Copy exactly the lines of the material below that run from the one containing "from each line." through the one containing "use crate::batch::batch;". Copy no other lines.

──────────────────────────────

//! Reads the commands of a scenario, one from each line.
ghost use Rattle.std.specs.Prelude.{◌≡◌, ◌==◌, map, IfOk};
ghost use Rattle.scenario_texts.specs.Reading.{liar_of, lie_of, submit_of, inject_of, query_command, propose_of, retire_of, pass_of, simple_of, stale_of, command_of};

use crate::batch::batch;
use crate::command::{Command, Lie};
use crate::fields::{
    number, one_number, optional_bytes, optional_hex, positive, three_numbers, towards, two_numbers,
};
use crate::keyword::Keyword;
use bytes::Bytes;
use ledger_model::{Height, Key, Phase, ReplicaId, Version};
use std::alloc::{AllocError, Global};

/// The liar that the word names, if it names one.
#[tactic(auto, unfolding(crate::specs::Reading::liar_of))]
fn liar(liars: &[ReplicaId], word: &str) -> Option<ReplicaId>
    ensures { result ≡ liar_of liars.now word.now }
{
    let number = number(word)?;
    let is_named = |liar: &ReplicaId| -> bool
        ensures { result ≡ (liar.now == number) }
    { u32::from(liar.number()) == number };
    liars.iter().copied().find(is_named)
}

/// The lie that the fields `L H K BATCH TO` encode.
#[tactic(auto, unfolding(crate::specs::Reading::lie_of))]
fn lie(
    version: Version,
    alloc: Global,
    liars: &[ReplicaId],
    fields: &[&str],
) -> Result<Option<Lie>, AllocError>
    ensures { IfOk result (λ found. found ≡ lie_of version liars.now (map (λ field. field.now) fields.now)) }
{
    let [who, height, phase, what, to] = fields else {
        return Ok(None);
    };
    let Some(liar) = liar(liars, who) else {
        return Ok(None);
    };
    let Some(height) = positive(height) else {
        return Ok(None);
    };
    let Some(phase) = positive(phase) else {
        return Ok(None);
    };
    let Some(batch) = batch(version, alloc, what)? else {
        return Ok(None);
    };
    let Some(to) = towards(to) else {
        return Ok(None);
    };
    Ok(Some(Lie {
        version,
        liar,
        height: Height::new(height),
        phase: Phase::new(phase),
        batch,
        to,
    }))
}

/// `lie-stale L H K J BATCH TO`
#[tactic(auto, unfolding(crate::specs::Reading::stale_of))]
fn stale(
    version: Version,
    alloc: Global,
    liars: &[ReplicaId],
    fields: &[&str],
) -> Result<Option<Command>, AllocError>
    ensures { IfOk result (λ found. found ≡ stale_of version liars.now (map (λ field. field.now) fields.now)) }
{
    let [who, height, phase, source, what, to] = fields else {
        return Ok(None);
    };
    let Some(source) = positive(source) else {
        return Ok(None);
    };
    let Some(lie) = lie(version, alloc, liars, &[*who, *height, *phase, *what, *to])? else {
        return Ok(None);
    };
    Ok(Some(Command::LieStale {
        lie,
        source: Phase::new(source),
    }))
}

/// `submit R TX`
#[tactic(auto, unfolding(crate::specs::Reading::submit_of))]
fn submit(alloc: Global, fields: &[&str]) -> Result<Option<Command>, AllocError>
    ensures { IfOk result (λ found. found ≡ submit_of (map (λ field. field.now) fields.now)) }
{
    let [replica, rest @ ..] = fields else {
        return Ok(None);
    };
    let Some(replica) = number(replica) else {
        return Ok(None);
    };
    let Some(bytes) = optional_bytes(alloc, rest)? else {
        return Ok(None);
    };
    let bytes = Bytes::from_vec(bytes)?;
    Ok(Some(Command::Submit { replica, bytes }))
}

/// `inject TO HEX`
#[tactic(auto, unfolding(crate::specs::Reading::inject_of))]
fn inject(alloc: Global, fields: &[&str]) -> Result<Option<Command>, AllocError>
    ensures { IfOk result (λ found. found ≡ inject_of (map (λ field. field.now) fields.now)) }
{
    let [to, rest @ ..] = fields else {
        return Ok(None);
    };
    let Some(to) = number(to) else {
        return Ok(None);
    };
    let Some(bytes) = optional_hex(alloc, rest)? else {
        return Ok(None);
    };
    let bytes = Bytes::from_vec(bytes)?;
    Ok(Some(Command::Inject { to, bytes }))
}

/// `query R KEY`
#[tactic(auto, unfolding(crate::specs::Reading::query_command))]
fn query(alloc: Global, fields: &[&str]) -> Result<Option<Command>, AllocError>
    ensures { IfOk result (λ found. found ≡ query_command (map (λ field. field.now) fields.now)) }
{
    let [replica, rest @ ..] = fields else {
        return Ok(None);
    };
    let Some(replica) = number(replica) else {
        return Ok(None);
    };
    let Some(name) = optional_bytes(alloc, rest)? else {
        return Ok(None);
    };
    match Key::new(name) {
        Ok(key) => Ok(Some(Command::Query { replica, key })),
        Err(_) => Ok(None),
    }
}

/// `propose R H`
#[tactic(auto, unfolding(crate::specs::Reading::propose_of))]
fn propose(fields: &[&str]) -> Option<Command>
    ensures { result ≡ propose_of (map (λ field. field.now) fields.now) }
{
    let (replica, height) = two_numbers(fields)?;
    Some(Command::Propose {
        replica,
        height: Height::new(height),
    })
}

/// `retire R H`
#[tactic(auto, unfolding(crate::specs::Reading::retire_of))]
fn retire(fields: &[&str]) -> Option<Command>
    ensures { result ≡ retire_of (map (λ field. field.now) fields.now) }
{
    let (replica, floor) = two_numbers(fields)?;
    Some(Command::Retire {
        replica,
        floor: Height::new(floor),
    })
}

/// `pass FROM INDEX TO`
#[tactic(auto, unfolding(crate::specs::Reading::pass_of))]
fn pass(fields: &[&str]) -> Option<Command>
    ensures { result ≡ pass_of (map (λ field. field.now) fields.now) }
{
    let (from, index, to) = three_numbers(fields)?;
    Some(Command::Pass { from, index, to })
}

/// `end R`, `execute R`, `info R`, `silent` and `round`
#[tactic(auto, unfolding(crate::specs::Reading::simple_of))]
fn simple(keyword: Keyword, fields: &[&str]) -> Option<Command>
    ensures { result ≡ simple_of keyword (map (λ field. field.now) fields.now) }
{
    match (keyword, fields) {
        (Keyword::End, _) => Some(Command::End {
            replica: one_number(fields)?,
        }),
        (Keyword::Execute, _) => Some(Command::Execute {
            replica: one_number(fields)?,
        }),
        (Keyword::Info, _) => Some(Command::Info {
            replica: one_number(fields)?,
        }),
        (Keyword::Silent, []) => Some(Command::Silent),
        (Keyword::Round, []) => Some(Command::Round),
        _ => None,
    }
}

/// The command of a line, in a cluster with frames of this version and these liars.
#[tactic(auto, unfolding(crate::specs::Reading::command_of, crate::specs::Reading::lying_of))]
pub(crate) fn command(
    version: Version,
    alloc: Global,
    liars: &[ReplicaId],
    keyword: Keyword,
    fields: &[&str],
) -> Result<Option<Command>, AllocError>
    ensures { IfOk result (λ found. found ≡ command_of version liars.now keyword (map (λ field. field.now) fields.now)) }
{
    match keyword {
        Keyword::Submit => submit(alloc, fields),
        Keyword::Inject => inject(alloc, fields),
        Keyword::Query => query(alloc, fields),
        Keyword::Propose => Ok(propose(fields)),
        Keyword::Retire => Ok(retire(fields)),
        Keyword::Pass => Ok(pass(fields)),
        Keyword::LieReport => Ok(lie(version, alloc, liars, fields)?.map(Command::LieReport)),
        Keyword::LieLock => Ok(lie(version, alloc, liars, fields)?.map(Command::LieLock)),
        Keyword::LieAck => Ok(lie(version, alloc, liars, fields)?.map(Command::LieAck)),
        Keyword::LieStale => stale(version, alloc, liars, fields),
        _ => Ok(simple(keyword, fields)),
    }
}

──────────────────────────────

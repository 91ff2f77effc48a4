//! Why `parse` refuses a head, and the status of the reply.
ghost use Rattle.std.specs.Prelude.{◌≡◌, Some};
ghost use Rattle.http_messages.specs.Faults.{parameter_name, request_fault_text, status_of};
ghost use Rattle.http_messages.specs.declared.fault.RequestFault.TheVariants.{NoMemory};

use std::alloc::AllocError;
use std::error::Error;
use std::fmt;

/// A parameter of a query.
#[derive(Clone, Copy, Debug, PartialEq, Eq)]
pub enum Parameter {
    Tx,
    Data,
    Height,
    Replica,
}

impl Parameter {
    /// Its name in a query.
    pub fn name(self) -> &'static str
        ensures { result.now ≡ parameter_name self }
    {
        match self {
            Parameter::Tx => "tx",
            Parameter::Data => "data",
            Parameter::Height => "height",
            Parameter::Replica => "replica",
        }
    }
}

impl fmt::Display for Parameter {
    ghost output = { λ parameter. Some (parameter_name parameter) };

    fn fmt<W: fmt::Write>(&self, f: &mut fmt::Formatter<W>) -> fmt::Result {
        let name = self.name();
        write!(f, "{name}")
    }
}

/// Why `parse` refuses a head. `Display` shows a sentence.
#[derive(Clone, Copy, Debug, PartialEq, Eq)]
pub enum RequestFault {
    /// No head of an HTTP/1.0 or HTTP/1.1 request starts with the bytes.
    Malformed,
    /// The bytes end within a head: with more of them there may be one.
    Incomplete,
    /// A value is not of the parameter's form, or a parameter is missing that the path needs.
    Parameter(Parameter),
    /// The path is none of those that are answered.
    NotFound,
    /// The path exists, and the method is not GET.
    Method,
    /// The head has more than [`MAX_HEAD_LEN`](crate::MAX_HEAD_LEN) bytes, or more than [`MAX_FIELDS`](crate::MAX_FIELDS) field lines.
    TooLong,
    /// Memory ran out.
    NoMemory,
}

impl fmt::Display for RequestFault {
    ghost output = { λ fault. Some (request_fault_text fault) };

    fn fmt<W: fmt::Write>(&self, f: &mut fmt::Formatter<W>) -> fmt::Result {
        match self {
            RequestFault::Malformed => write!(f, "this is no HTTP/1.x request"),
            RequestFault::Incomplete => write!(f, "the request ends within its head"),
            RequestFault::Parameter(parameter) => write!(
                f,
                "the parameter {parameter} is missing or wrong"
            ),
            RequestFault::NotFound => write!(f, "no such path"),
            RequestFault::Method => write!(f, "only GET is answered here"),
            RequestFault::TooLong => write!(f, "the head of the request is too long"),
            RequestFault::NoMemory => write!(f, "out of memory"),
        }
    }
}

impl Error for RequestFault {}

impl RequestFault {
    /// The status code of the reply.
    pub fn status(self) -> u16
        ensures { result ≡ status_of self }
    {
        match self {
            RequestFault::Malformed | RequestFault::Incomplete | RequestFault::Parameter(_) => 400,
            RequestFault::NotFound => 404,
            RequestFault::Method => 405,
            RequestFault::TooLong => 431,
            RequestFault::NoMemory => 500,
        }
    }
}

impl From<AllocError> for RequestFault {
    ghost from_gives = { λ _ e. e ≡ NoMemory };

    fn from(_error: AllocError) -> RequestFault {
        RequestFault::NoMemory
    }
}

──────────────────────────────

COMPLETED TASK:
//! Reads the commands of a scenario, one from each line.
ghost use Rattle.std.specs.Prelude.{◌≡◌, ◌==◌, map, IfOk};
ghost use Rattle.scenario_texts.specs.Reading.{liar_of, lie_of, submit_of, inject_of, query_command, propose_of, retire_of, pass_of, simple_of, stale_of, command_of};

use crate::batch::batch;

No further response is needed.